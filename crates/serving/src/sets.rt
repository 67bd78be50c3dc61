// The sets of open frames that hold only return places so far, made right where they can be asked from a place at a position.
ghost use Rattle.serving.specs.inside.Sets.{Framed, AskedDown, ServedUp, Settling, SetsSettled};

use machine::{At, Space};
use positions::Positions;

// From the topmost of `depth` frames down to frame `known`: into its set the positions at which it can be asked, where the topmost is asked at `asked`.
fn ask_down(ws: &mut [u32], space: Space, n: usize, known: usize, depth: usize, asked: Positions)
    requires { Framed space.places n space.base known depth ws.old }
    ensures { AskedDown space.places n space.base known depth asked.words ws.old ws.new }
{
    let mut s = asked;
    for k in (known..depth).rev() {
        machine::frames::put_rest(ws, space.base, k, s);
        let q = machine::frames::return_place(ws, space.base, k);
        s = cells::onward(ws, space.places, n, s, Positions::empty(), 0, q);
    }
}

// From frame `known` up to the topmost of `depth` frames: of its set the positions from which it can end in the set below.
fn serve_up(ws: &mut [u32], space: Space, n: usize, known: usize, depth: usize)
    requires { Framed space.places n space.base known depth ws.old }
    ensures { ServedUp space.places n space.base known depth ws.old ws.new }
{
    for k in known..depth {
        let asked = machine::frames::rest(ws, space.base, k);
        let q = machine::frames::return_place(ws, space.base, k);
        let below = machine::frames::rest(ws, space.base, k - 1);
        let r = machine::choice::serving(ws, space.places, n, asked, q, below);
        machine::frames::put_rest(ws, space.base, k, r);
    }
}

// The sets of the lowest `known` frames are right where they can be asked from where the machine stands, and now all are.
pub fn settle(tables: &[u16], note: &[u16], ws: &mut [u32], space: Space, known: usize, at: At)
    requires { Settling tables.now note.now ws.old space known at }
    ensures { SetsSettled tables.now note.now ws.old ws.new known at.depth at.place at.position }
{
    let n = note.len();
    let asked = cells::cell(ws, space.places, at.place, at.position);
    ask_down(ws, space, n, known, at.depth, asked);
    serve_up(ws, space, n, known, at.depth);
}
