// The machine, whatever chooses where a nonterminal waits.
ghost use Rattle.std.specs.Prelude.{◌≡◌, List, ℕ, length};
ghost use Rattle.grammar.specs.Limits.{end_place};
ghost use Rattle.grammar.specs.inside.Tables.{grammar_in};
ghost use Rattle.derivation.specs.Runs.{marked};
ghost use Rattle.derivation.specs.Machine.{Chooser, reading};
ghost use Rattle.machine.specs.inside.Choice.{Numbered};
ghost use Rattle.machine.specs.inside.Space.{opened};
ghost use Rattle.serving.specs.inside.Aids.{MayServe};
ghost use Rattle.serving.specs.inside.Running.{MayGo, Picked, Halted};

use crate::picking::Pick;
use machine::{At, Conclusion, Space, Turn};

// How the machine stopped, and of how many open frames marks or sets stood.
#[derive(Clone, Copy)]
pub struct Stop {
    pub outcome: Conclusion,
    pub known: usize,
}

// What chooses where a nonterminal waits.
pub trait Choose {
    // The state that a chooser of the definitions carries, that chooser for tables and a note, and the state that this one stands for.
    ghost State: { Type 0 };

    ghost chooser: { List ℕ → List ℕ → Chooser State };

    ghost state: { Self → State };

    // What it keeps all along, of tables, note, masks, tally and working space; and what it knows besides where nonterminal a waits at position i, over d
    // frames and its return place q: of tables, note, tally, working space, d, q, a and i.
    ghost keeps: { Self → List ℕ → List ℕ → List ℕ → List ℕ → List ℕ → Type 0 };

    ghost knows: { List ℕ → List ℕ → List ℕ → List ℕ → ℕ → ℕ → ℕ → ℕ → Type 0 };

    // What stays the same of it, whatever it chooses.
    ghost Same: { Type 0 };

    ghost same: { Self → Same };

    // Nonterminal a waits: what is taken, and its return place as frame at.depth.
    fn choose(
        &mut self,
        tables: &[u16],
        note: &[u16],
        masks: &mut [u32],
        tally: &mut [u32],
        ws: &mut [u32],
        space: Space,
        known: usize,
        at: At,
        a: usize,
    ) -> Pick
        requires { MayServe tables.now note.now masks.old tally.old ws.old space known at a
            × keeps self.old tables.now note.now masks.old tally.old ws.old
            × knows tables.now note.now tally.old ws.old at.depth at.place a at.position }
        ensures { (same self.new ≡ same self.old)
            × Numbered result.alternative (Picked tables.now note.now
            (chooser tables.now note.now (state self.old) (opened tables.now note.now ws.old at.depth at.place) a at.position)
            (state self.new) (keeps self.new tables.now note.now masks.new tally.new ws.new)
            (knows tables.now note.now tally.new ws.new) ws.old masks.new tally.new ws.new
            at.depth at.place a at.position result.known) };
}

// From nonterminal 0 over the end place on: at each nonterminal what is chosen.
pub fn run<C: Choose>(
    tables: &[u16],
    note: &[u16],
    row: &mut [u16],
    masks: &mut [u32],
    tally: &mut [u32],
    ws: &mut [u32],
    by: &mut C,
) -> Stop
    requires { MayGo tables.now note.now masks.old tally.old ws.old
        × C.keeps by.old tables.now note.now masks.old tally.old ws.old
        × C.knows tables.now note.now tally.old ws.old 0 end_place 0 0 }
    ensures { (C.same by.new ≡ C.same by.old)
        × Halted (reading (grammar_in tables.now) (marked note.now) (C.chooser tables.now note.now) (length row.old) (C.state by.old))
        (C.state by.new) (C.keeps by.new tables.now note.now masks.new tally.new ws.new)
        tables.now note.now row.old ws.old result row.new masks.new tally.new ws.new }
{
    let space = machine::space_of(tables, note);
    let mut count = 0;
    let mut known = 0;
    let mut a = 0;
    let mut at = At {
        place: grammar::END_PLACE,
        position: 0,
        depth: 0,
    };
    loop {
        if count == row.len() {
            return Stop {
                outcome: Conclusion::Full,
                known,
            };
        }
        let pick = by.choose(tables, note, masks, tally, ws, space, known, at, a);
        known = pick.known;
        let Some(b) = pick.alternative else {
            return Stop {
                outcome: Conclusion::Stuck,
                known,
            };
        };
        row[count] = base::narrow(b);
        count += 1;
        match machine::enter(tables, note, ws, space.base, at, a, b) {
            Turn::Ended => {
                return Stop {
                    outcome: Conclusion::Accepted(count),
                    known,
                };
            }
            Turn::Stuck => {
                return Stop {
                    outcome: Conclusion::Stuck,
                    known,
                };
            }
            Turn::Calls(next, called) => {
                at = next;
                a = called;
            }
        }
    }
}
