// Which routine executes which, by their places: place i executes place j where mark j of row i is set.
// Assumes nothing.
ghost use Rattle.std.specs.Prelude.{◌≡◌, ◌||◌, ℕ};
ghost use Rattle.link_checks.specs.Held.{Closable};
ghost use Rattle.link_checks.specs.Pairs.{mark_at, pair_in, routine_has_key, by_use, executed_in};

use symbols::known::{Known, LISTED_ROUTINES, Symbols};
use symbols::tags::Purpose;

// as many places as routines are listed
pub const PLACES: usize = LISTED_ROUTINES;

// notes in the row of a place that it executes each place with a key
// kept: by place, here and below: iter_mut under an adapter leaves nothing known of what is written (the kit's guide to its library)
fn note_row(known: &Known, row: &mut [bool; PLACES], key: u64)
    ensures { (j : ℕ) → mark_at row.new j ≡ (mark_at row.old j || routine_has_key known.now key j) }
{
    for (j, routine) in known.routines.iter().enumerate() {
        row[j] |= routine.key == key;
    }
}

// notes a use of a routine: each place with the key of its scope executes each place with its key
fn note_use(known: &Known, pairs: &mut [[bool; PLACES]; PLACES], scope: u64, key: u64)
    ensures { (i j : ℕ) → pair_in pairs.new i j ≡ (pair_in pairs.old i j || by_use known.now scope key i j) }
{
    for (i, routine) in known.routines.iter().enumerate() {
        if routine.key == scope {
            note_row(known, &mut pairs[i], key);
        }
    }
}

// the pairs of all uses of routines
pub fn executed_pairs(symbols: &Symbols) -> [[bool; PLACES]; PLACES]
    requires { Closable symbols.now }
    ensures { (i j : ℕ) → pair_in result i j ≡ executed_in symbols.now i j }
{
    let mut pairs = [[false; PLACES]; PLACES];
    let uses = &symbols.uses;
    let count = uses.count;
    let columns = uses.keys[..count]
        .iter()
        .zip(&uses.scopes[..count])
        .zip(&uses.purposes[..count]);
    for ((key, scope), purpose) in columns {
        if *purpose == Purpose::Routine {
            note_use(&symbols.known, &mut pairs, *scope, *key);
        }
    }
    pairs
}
--
▶ The task
Produce a word-for-word copy of everything above from the line holding "machine::frames::put_rest(ws, space.base, k, s);" down to the line holding "Settling tables.now note.now", with both of those lines kept.

▶ Solution
        machine::frames::put_rest(ws, space.base, k, s);
        let q = machine::frames::return_place(ws, space.base, k);
        s = cells::onward(ws, space.places, n, s, Positions::empty(), 0, q);
    }
}

// From frame `known` up to the topmost of `depth` frames: of its set the positions from which it can end in the set below.
fn serve_up(ws: &mut [u32], space: Space, n: usize, known: usize, depth: usize)
    requires { Framed space.places n space.base known depth ws.old }
    ensures { ServedUp space.places n space.base known depth ws.old ws.new }
{
    for k in known..depth {
        let asked = machine::frames::rest(ws, space.base, k);
        let q = machine::frames::return_place(ws, space.base, k);
        let below = machine::frames::rest(ws, space.base, k - 1);
        let r = machine::choice::serving(ws, space.places, n, asked, q, below);
        machine::frames::put_rest(ws, space.base, k, r);
    }
}

// The sets of the lowest `known` frames are right where they can be asked from where the machine stands, and now all are.
pub fn settle(tables: &[u16], note: &[u16], ws: &mut [u32], space: Space, known: usize, at: At)
    requires { Settling tables.now note.now ws.old space known at }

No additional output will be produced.